╭─ Data to examine

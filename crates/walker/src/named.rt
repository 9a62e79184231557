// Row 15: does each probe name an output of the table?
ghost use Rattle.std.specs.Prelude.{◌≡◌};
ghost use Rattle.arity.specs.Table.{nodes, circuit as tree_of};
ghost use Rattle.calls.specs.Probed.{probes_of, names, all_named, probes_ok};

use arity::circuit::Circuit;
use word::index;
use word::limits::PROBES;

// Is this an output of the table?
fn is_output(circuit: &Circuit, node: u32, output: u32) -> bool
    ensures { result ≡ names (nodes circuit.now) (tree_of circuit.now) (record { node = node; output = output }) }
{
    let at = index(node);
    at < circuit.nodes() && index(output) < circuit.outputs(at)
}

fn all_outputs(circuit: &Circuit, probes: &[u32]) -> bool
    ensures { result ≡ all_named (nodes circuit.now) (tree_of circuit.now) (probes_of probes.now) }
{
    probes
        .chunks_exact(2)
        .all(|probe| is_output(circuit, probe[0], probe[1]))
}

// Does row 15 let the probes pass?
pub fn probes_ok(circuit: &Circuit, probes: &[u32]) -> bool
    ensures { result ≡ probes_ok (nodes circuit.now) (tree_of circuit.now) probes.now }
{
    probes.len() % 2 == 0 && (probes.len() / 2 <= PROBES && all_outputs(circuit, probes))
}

╰─
╭─ Data to examine

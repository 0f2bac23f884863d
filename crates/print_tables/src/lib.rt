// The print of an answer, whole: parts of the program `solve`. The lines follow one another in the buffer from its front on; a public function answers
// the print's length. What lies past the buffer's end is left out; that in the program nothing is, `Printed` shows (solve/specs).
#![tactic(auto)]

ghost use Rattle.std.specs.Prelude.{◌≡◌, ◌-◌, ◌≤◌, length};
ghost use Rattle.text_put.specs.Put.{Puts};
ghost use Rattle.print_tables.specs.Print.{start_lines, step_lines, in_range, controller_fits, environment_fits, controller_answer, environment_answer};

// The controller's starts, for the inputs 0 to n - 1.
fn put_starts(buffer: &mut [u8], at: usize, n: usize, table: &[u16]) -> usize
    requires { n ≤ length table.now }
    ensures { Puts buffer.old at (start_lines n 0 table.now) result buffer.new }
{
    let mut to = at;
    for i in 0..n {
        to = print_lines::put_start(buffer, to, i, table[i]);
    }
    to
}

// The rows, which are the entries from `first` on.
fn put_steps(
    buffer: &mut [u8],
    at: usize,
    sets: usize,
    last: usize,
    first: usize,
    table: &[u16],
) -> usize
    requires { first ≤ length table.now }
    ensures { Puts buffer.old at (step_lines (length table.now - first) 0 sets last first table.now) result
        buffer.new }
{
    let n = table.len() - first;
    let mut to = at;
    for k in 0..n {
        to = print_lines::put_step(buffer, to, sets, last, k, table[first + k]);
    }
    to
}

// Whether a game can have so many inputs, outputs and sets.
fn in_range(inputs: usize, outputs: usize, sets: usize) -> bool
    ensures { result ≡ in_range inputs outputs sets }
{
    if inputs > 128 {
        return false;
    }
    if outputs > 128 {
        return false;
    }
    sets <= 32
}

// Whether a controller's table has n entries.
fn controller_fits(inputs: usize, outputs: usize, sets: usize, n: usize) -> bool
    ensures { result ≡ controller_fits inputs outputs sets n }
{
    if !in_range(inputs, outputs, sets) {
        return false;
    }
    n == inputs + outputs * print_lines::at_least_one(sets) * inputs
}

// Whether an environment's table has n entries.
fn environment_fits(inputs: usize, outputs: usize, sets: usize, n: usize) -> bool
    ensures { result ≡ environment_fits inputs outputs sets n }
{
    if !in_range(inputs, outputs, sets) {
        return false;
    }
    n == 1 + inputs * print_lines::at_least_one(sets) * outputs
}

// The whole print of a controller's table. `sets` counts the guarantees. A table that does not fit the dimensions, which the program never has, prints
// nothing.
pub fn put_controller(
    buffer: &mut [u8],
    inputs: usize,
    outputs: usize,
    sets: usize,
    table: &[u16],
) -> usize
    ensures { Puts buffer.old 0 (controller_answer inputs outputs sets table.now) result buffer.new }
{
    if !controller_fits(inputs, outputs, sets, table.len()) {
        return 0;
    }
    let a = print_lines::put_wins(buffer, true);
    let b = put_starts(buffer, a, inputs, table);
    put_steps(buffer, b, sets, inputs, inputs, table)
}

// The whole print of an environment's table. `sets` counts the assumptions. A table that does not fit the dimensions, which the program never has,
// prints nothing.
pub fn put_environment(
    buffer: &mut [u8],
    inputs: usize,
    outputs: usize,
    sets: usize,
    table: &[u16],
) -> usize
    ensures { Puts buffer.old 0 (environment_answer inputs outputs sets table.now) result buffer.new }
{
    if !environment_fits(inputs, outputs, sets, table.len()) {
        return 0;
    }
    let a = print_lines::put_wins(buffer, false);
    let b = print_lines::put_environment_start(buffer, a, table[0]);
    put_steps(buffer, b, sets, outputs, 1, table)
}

╰─

- _Task item_: Write down exactly the span of lines above from the one containing "repository 0f2bac23f884863d" to the one containing "public function answers", both ends included.

- _Result_:
repository 0f2bac23f884863d
filename crates/print_tables/src/lib.rt
// The print of an answer, whole: parts of the program `solve`. The lines follow one another in the buffer from its front on; a public function answers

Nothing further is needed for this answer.